但嬴政已经没有在听了,另外一种渴望逐渐填满了他的心脏,他渴望再一次被满足,渴望再一次地靠近。
他打断李斯的话,李斯听见他说,“往后见到女君,就像是见到我一样。”
李斯停顿住了,开始思索我问的好像不是这个问题?
这是在要求我行礼么?
这个时代的读书人都有傲气,之前嬴政对待李斯也称得上礼遇,无缘无故要求李斯向一个女人行礼,是可以称得上折辱的行为。

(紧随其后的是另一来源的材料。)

//! Runs of a shared entity: each opens one, with the queues of its users, and plays.
ghost use Rattle.std.specs.Prelude.{◌≡◌, All};
ghost use Rattle.shared_entity.specs.Opening.{AreQueuesFor};

use crate::workers::Shift;
use crate::{apart, closing, crowd, workers};
use entity_config::{Config, read_config};
use shared_entity::{Entity, queues_of};
use shared_lanes::Names;
use std::alloc::{AllocError, Global};
use std::marker::Brand;
use std::sync::Wait;
use std::thread::Threads;
use test_configs::{EntityText, TWO_SOURCES, text_of};
use user_queues::{Queues, UserPort};

/// The kinds of runs.
#[derive(Clone, Copy)]
pub(crate) enum Run {
    /// Two threads deliver, and then the entity is closed.
    Closing,
    /// A lane is held back while others work.
    Apart,
    /// Eight threads work on all lanes.
    Crowd,
    /// Workers bring datagrams to their lanes.
    Working(Shift),
}

/// The text of a run, line by line, where the queue of each user holds this many bundles.
pub(crate) fn play<R: Threads + Wait + AllocGlobal + Copy + Send + Sync>(
    rt: R,
    capacity: u16,
    run: Run,
) -> Result<String, AllocError> {
    let alloc = rt.alloc();
    match two_sources(alloc, capacity) {
        Some(config) => play_with(rt, alloc, config, run),
        None => String::from_str(alloc, "no configuration"),
    }
}

// Entity 2 with the users alice and bob, who receive from entities 1 and 3.
fn two_sources(alloc: Global, capacity: u16) -> Option<Config> {
    let entity = EntityText {
        capacity,
        ..TWO_SOURCES
    };
    let text = text_of(alloc, &entity).ok()?;
    read_config(alloc, text.as_str()).ok()
}

// Plays over the queues of a configuration.
fn play_with<R: Threads + Wait + Copy + Send + Sync>(
    rt: R,
    alloc: Global,
    config: Config,
    run: Run,
) -> Result<String, AllocError> {
    let queues = queues_of(rt, alloc, &config)?;
    play_named::<Brand, R>(rt, alloc, config, queues, run)
}

// Plays with queues that `N` names: the proofs about an entity refer to its queues by that name, so it is a parameter.
// The entity is closed and not dropped, since the proof of what drops one is expensive.
fn play_named<N: Names + Send + Sync, R: Threads + Wait + Copy + Send + Sync>(
    rt: R,
    alloc: Global,
    config: Config,
    queues: Queues<R>,
    run: Run,
) -> Result<String, AllocError>
    requires { AreQueuesFor N.queue N.lanes config queues }
{
    let mut text = String::new(alloc);
    let (entity, ports) = Entity::<N, R>::open(alloc, config, queues)?;
    let played = match run {
        Run::Closing => play_first(&rt, &mut text, entity, ports),
        _ => {
            let played = play_all(&rt, alloc, &mut text, &entity, ports, run);
            entity.into_lanes();
            played
        }
    };
    played?;
    Ok(text)
}

// Plays with the ports of all users.
fn play_all<N: Names + Send + Sync, R: Threads + Wait + Copy + Send + Sync>(
    rt: &R,
    alloc: Global,
    text: &mut String,
    entity: &Entity<N, R>,
    ports: Vec<UserPort>,
    run: Run,
) -> Result<(), AllocError> {
    match run {
        Run::Closing => Ok(()),
        Run::Apart => apart::hold_back(rt, alloc, text, entity),
        Run::Crowd => crowd::crowd(rt, alloc, text, entity, ports),
        Run::Working(shift) => workers::run_shift(rt, alloc, text, entity, ports, &shift),
    }
}

// Plays with the first user, whose port is the first one.
fn play_first<N: Names + Send + Sync, R: Threads + Wait + Copy + Send + Sync>(
    rt: &R,
    text: &mut String,
    entity: Entity<N, R>,
    ports: Vec<UserPort>,
) -> Result<(), AllocError>
    requires { All (λ port. port.queue ≡ N.queue port.knows.user) ports.items }
{
    for port in ports {
        return closing::deliver_two(rt, text, entity, port);
    }
    entity.into_lanes();
    Ok(())
}
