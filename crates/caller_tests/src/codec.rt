use pdu_codec::{DecodeFault, decode, encode};
use std::alloc::Global;

/// Reads a datagram, and writes its PDU again.
fn written_again(alloc: Global, datagram: &[u8]) -> Result<Vec<u8>, DecodeFault> {
    let pdu = decode(alloc, datagram)?;
    let mut octets = Vec::new(alloc);
    encode(&pdu, &mut octets)?;
    Ok(octets)
}

// ---- the test

use std::test::*;

// An ACK of an EOF without a fault.
const ACK: &[u8] = &[0x28, 0, 3, 0, 1, 5, 2, 6, 0x40, 1];

#[test]
fn a_pdu_is_written_as_it_was_read(rt: HostRuntime) -> Result<(), Fail> {
    match written_again(rt.alloc(), ACK) {
        Err(_) => Err(Fail::from("an ACK is read")),
        Ok(octets) => {
            assert_eq!(rt; octets.as_slice(), ACK);
            Ok(())
        }
    }
}
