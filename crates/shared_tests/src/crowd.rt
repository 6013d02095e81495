//! Eight threads work on all lanes of two users, while both users take.

use crate::acts::{Act, LOCAL, tell_in_time};
use crate::heard::Heard;
use crate::runs::{Run, play};
use crate::said::push_line;
use crate::watch::{TURNS, Watch, pause};
use entity_routing::Place;
use shared_entity::Entity;
use shared_lanes::Names;
use std::alloc::{AllocError, Global};
use std::sync::Wait;
use std::sync::atomic::{AtomicUsize, Ordering};
use std::test::*;
use std::thread;
use std::thread::Threads;
use user_queues::UserPort;

// What each thread does. Four deliver, each to the even or the odd lane of a source; two report that the files of a
// source are stored; one puts from all sending lanes, and one pumps. Each lane runs two transactions.
const WORK: [&[Act]; 8] = [
    &[
        Act::Metadata(1, 5),
        Act::Eof(1, 5),
        Act::Metadata(1, 7),
        Act::Eof(1, 7),
    ],
    &[
        Act::Metadata(1, 6),
        Act::Eof(1, 6),
        Act::Metadata(1, 8),
        Act::Eof(1, 8),
    ],
    &[
        Act::Metadata(3, 5),
        Act::Eof(3, 5),
        Act::Metadata(3, 7),
        Act::Eof(3, 7),
    ],
    &[
        Act::Metadata(3, 6),
        Act::Eof(3, 6),
        Act::Metadata(3, 8),
        Act::Eof(3, 8),
    ],
    &[
        Act::Stored(1, 5, 1),
        Act::Stored(1, 6, 1),
        Act::Stored(1, 7, 1),
        Act::Stored(1, 8, 1),
    ],
    &[
        Act::Stored(3, 6, 1),
        Act::Stored(3, 5, 1),
        Act::Stored(3, 8, 1),
        Act::Stored(3, 7, 1),
    ],
    &[
        Act::Put(Place { user: 0, lane: 0 }, 1),
        Act::Put(Place { user: 1, lane: 0 }, 1),
        Act::Put(Place { user: 0, lane: 1 }, 1),
        Act::Put(Place { user: 1, lane: 1 }, 1),
        Act::Put(Place { user: 0, lane: 0 }, 1),
        Act::Put(Place { user: 1, lane: 0 }, 1),
        Act::Put(Place { user: 0, lane: 1 }, 1),
        Act::Put(Place { user: 1, lane: 1 }, 1),
    ],
    &[
        Act::Pump(LOCAL, 4),
        Act::Pump(LOCAL, 4),
        Act::Pump(LOCAL, 4),
        Act::Pump(LOCAL, 5),
        Act::Pump(LOCAL, 5),
        Act::Pump(LOCAL, 5),
        Act::Pump(LOCAL, 6),
        Act::Pump(LOCAL, 6),
        Act::Pump(LOCAL, 6),
        Act::Pump(LOCAL, 7),
        Act::Pump(LOCAL, 7),
        Act::Pump(LOCAL, 7),
        Act::Pump(LOCAL, 8),
        Act::Pump(LOCAL, 8),
        Act::Pump(LOCAL, 8),
        Act::Pump(LOCAL, 9),
        Act::Pump(LOCAL, 9),
        Act::Pump(LOCAL, 9),
        Act::Pump(LOCAL, 10),
        Act::Pump(LOCAL, 10),
        Act::Pump(LOCAL, 10),
        Act::Pump(LOCAL, 11),
        Act::Pump(LOCAL, 11),
        Act::Pump(LOCAL, 11),
    ],
];

// The job of a thread.
#[derive(Drop)]
enum Job {
    Work(&'static [Act]),
    Take(UserPort),
}

// The outcome of a job: whether all events were accepted, or what a user took.
#[derive(Clone, Copy)]
enum Came {
    Worked(bool),
    Took(Heard),
}

fn jobs(alloc: Global, ports: Vec<UserPort>) -> Result<Vec<Job>, AllocError> {
    let mut jobs = Vec::new(alloc);
    for acts in WORK {
        jobs.push(Job::Work(acts))?;
    }
    for port in ports {
        jobs.push(Job::Take(port))?;
    }
    Ok(jobs)
}

// Passes events to their lanes, each once the one before was accepted.
fn work<N: Names, R: Wait + Copy>(
    rt: &R,
    alloc: Global,
    entity: &Entity<N, R>,
    gate: &Watch<R>,
    acts: &[Act],
) -> bool {
    for act in acts {
        if !tell_in_time(rt, alloc, entity, gate, *act) {
            return false;
        }
    }
    true
}

// Takes all bundles until all threads have worked and the queue is empty.
fn take_all<R: Wait>(rt: &R, worked: &AtomicUsize, port: UserPort) -> Heard {
    let mut port = port;
    let mut heard = Heard::new(port.user());
    for _ in 0..TURNS {
        let is_over = worked.load(Ordering::SeqCst) == WORK.len();
        if !heard.take(rt, &mut port) {
            if is_over {
                break;
            }
            pause(rt);
        }
    }
    heard
}

fn run<N: Names, R: Wait + Copy>(
    rt: &R,
    alloc: Global,
    entity: &Entity<N, R>,
    worked: &AtomicUsize,
    job: Job,
) -> Came {
    match job {
        Job::Work(acts) => {
            let well = work(rt, alloc, entity, &Watch::new(*rt), acts);
            worked.fetch_add(1, Ordering::SeqCst);
            Came::Worked(well)
        }
        Job::Take(port) => Came::Took(take_all(rt, worked, port)),
    }
}

/// Has the threads work while the users take. Adds whether each thread worked well, and what each user took.
pub(crate) fn crowd<N: Names + Send + Sync, R: Threads + Wait + Copy + Send + Sync>(
    rt: &R,
    alloc: Global,
    text: &mut String,
    entity: &Entity<N, R>,
    ports: Vec<UserPort>,
) -> Result<(), AllocError> {
    let worked = AtomicUsize::new(0);
    let all = thread::map_vec(
        rt,
        jobs(alloc, ports)?,
        &|job: Job| { run(rt, alloc, entity, &worked, job) },
    )?;
    for came in all {
        match came {
            Came::Worked(well) => push_line(text, "worked", &[u64::from(well)])?,
            Came::Took(heard) => heard.push(text)?,
        }
    }
    Ok(())
}

const ALL_WORKED: &str = "worked 1
worked 1
worked 1
worked 1
worked 1
worked 1
worked 1
worked 1
lanes 44043084083 64063104103 61062063081082083 51052053071072073
others 0
lanes 54053094093 74073114113 61062063081082083 51052053071072073
others 0
";

// With queues that have room, and with queues of one bundle.
#[test]
fn eight_threads(rt: HostRuntime) -> Result<(), Fail> {
    for capacity in [8, 1] {
        let text = play(rt, capacity, Run::Crowd)?;
        assert_eq!(rt; text.as_str(), ALL_WORKED);
    }
    Ok(())
}
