use cfdp_types::TimerOp;
use std::alloc::AllocError;
use timer_list::{Armed, TimerList};

/// Carries out what a step's answer says about timers at a moment, and returns the first timer that has expired at a later one.
fn first_due(
    timers: &mut TimerList,
    ops: &[TimerOp],
    now: u64,
    later: u64,
) -> Result<Option<Armed>, AllocError> {
    for op in ops {
        timers.apply(*op, now)?;
    }
    Ok(timers.due(later))
}

// ---- the test

use cfdp_types::{EntityId, TimerKind, TxnKey};
use std::test::*;

#[test]
fn a_timer_expires(rt: HostRuntime) -> Result<(), Fail> {
    let key = TxnKey {
        source: EntityId(1),
        seq: 5,
    };
    let arms = [TimerOp::Arm {
        key,
        kind: TimerKind::Ack,
        stamp: 3,
        ms: 200,
    }];
    let mut timers = TimerList::new(rt.alloc());
    let Some(due) = first_due(&mut timers, &arms, 1_000, 1_200)? else {
        return Err(Fail::from("the timer is due"));
    };
    assert_eq!(rt; (due.key, due.stamp, due.deadline), (key, 3, 1_200));
    Ok(())
}
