//! Workers take datagrams from an intake, side by side.
ghost use Rattle.std.specs.Prelude.{◌≡◌};

use crate::heard::Heard;
use crate::runs::{Run, play};
use crate::said::{Said, push_line, told};
use crate::watch::Watch;
use cfdp_types::Deposit;
use entity_workers::{
    Carrier, Filestore, Intake, IntakeFault, IntakeSend, MemoryStore, StoredFile, deposit_one,
    run_workers,
};
use shared_entity::{Entity, EntityRefusal};
use shared_lanes::{Names, Point};
use std::alloc::{AllocError, Global};
use std::sync::Wait;
use std::test::*;
use std::thread;
use std::thread::Threads;
use user_queues::UserPort;

/// How many workers there are, how many datagrams may wait for them, and the datagrams. A worker with a datagram may
/// have to wait until `together` workers have one.
#[derive(Clone, Copy)]
pub(crate) struct Shift {
    workers: usize,
    room: usize,
    together: u64,
    datagrams: &'static [&'static [u8]],
}

// Keeps the answers of one worker.
#[derive(Drop)]
struct Keeper {
    answers: Vec<Said>,
}

impl Carrier<Said> for Keeper {
    ghost accepts = { λ keeper answer. Unit {0} };

    fn carry(&mut self, answer: Result<Said, EntityRefusal>)
        requires { Unit {0} }
    {
        let _kept = self.answers.push(told(answer));
    }
}

// A keeper for each worker.
fn keepers(alloc: Global, workers: usize) -> Result<Vec<Keeper>, AllocError> {
    let mut keepers = Vec::new(alloc);
    for _ in 0..workers {
        let answers = Vec::new(alloc);
        keepers.push(Keeper { answers })?;
    }
    Ok(keepers)
}

// Sends datagrams, and drops the intake's sending end.
fn send_all<R: Wait>(rt: &R, send: IntakeSend, datagrams: &[&[u8]]) -> bool {
    for octets in datagrams {
        if send.send(rt, octets).is_err() {
            return false;
        }
    }
    true
}

// Has workers bring datagrams to their lanes, and returns their keepers.
fn work<N: Names + Send + Sync, R: Threads + Wait + Copy + Send + Sync>(
    rt: &R,
    alloc: Global,
    entity: &Entity<N, R>,
    gate: &Watch<R>,
    shift: &Shift,
) -> Result<Option<Vec<Keeper>>, AllocError> {
    if shift.room == 0 {
        return Ok(None);
    }
    let (send, end) = Intake::new(alloc, shift.room)?;
    let keepers = keepers(alloc, shift.workers)?;
    let (sent, back) = thread::join(
        rt,
        || send_all(rt, send, shift.datagrams),
        || run_workers(rt, alloc, entity, &end, keepers, gate).ok(),
    );
    Ok(if sent { back } else { None })
}

// Adds how many workers came back, how many answers they had, how many of these were steps, and how many workers met.
// Returns the deposits.
fn push_back(
    alloc: Global,
    text: &mut String,
    back: &[Keeper],
    met: u64,
) -> Result<Vec<Deposit>, AllocError> {
    let mut deposits = Vec::new(alloc);
    let (mut answers, mut steps) = (0u64, 0u64);
    for keeper in back {
        for said in &keeper.answers {
            answers = answers.saturating_add(1);
            steps = steps.saturating_add(u64::from(said.is_done()));
            if let Some(deposit) = said.deposit() {
                deposits.push(deposit)?;
            }
        }
    }
    push_line(text, "workers", &[back.len() as u64, answers, steps, met])?;
    Ok(deposits)
}

/// Has workers bring datagrams to their lanes, and stores the received files. Adds lines for the workers, for the
/// store, and for what each user took.
pub(crate) fn run_shift<N: Names + Send + Sync, R: Threads + Wait + Copy + Send + Sync>(
    rt: &R,
    alloc: Global,
    text: &mut String,
    entity: &Entity<N, R>,
    ports: Vec<UserPort>,
    shift: &Shift,
) -> Result<(), AllocError> {
    let gate = Watch::holding(*rt, Point::Taken, shift.together);
    let Some(back) = work(rt, alloc, entity, &gate, shift)? else {
        return push_line(text, "fault", &[]);
    };
    let deposits = push_back(alloc, text, back.as_slice(), gate.met())?;
    push_stored(rt, alloc, text, entity, deposits.as_slice())?;
    for port in ports {
        push_heard(rt, text, port)?;
    }
    Ok(())
}

// Makes deposits. Adds how many were made and reported to their lanes, and the files of the store.
fn push_stored<N: Names, R: Wait + Copy>(
    rt: &R,
    alloc: Global,
    text: &mut String,
    entity: &Entity<N, R>,
    deposits: &[Deposit],
) -> Result<(), AllocError> {
    let mut store = MemoryStore::new(alloc);
    let mut made = 0u64;
    for deposit in deposits {
        if store.calls() < 100 && deposit_one(rt, entity, &mut store, *deposit).is_ok() {
            made = made.saturating_add(1);
        }
    }
    push_line(text, "told", &[made])?;
    push_files(text, store.files())
}

// Adds a line for the files of a store: how many there are, how many of these have the name `b` and the content `abc`,
// and how many the name `b` and no content.
fn push_files(text: &mut String, files: &[StoredFile]) -> Result<(), AllocError> {
    let (mut full, mut empty) = (0u64, 0u64);
    for file in files {
        full = full.saturating_add(is_file(file, b"abc"));
        empty = empty.saturating_add(is_file(file, b""));
    }
    push_line(text, "files", &[files.len() as u64, full, empty])
}

// One if a file has the name `b` and this content, else zero.
fn is_file(file: &StoredFile, octets: &[u8]) -> u64 {
    u64::from(file.name.as_slice() == b"b".as_slice() && file.octets.as_slice() == octets)
}

fn push_heard<R: Wait>(rt: &R, text: &mut String, port: UserPort) -> Result<(), AllocError> {
    let mut port = port;
    let mut heard = Heard::new(port.user());
    for _ in 0..100 {
        if !heard.take(rt, &mut port) {
            break;
        }
    }
    heard.push_ends(text)
}

// The outcome of sending a datagram: zero, the number of a fault, or ten more than that of a fault of decoding.
fn number_of(sent: Result<(), IntakeFault>) -> u8 {
    match sent {
        Ok(()) => 0,
        Err(IntakeFault::Decode(why)) => 10 + why.number() % 10,
        Err(fault) => fault.number(),
    }
}

// The file `abc` from entity 1 with number 5, in class 1: its Metadata, its File Data and its EOF.
const METADATA: &[u8] = b"\x24\x00\x0a\x00\x01\x05\x02\x07\x00\x00\x00\x00\x03\x01a\x01b";

const FILE_DATA: &[u8] = b"\x34\x00\x07\x00\x01\x05\x02\x00\x00\x00\x00abc";

const EOF: &[u8] = b"\x24\x00\x0a\x00\x01\x05\x02\x04\x00abc\x00\x00\x00\x00\x03";

#[test]
fn not_taken(rt: HostRuntime) -> Result<(), Fail> {
    let (send, end) = Intake::new(rt.alloc(), 1)?;
    assert_eq!(rt; number_of(send.send(&rt, &[0x24])), 11);
    drop(end);
    assert_eq!(rt; number_of(send.send(&rt, METADATA)), 2);
    Ok(())
}

// One file is received and kept. The workers bring its datagrams in any order.
const ONE_FILE: Shift = Shift {
    workers: 3,
    room: 4,
    together: 0,
    datagrams: &[METADATA, FILE_DATA, EOF],
};

#[test]
fn three_workers(rt: HostRuntime) -> Result<(), Fail> {
    let text = play(rt, 8, Run::Working(ONE_FILE))?;
    assert_eq!(rt;
        text.as_str(),
        "workers 3 3 3 3\ntold 1\nfiles 1 1 0\nends 0 0 0 4053\nothers 0\nends 0 0 0 0\nothers 0\n"
    );
    Ok(())
}

// The Metadata and the EOF of empty files, from entity 1 and from entity 3.
const FIVE: &[u8] = b"\x24\x00\x0a\x00\x01\x05\x02\x07\x00\x00\x00\x00\x00\x01a\x01b";

const FIVE_ENDS: &[u8] = b"\x24\x00\x0a\x00\x01\x05\x02\x04\x00\x00\x00\x00\x00\x00\x00\x00\x00";

const SIX: &[u8] = b"\x24\x00\x0a\x00\x01\x06\x02\x07\x00\x00\x00\x00\x00\x01a\x01b";

const SIX_ENDS: &[u8] = b"\x24\x00\x0a\x00\x01\x06\x02\x04\x00\x00\x00\x00\x00\x00\x00\x00\x00";

const BOBS_FIVE: &[u8] = b"\x24\x00\x0a\x00\x03\x05\x02\x07\x00\x00\x00\x00\x00\x01a\x01b";

const BOBS_FIVE_ENDS: &[u8] =
    b"\x24\x00\x0a\x00\x03\x05\x02\x04\x00\x00\x00\x00\x00\x00\x00\x00\x00";

const BOBS_SIX: &[u8] = b"\x24\x00\x0a\x00\x03\x06\x02\x07\x00\x00\x00\x00\x00\x01a\x01b";

const BOBS_SIX_ENDS: &[u8] =
    b"\x24\x00\x0a\x00\x03\x06\x02\x04\x00\x00\x00\x00\x00\x00\x00\x00\x00";

// Of two workers, neither goes on before the other took a datagram.
const TWO_FILES: Shift = Shift {
    workers: 2,
    room: 4,
    together: 2,
    datagrams: &[FIVE, SIX],
};

#[test]
fn two_taken(rt: HostRuntime) -> Result<(), Fail> {
    let text = play(rt, 8, Run::Working(TWO_FILES))?;
    assert_eq!(rt;
        text.as_str(),
        "workers 2 2 2 2\ntold 0\nfiles 0 0 0\nends 0 0 1061 1051\nothers 0\nends 0 0 0 0\nothers 0\n"
    );
    Ok(())
}

// More datagrams than an intake has room for, of files for all receiving lanes. Each is answered once.
const FOUR_FILES: Shift = Shift {
    workers: 4,
    room: 2,
    together: 0,
    datagrams: &[
        FIVE,
        SIX,
        BOBS_FIVE,
        BOBS_SIX,
        FIVE_ENDS,
        SIX_ENDS,
        BOBS_FIVE_ENDS,
        BOBS_SIX_ENDS,
    ],
};

#[test]
fn four_workers(rt: HostRuntime) -> Result<(), Fail> {
    let text = play(rt, 8, Run::Working(FOUR_FILES))?;
    assert_eq!(rt;
        text.as_str(),
        "workers 4 8 8 8\ntold 4\nfiles 4 0 4\nends 0 0 3063 3053\nothers 0\nends 0 0 3063 3053\nothers 0\n"
    );
    Ok(())
}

但李斯迟疑片段,重新向林久行礼,口称“女君”,腰弯得很低,乃是臣下对待君主的礼仪。
然而林久没看他一眼,嬴政也还是没看他一眼。
他仍然专注地看着林久,脑子里乱糟糟的,只是觉得还不足够,还想要更多,还想要更近。
林久仍然向他伸着手,保持着之前的姿态,好像会这样一直向他伸出手。
嬴政的指尖颤了颤,但他已经没有力气抬起哪怕一根手指头了。
所以他稍微动了一下,长发从他颈间倾泻而下,暴露出他后颈到尾椎一列肿起来的针孔,还在缓慢地往外渗血。
他把下巴放在了林久手心上。
第128章 补充汉武番外 上
匿名论坛。历史区。
主题:帝国每一寸疆土都回荡着你的尊名。
1L:你顶戴荣光涉水而来, 裙摆上牵连的风息已经吹过了千年。
……
17L:这种时候就别整这么文艺了,我只想尖叫啊啊啊啊啊!
23L:救命,我到现在还没缓过来, 谁来梳理一下时间线,我先去吸个氧。
26L:我我我我来说!最开始是在博物馆, 存放《烛说》那本书的那个,全球诡异复苏的时候,里面有个刀复苏了。
据说曾经是一位将军的佩刀, 杀的人数不清有几百还是几千个。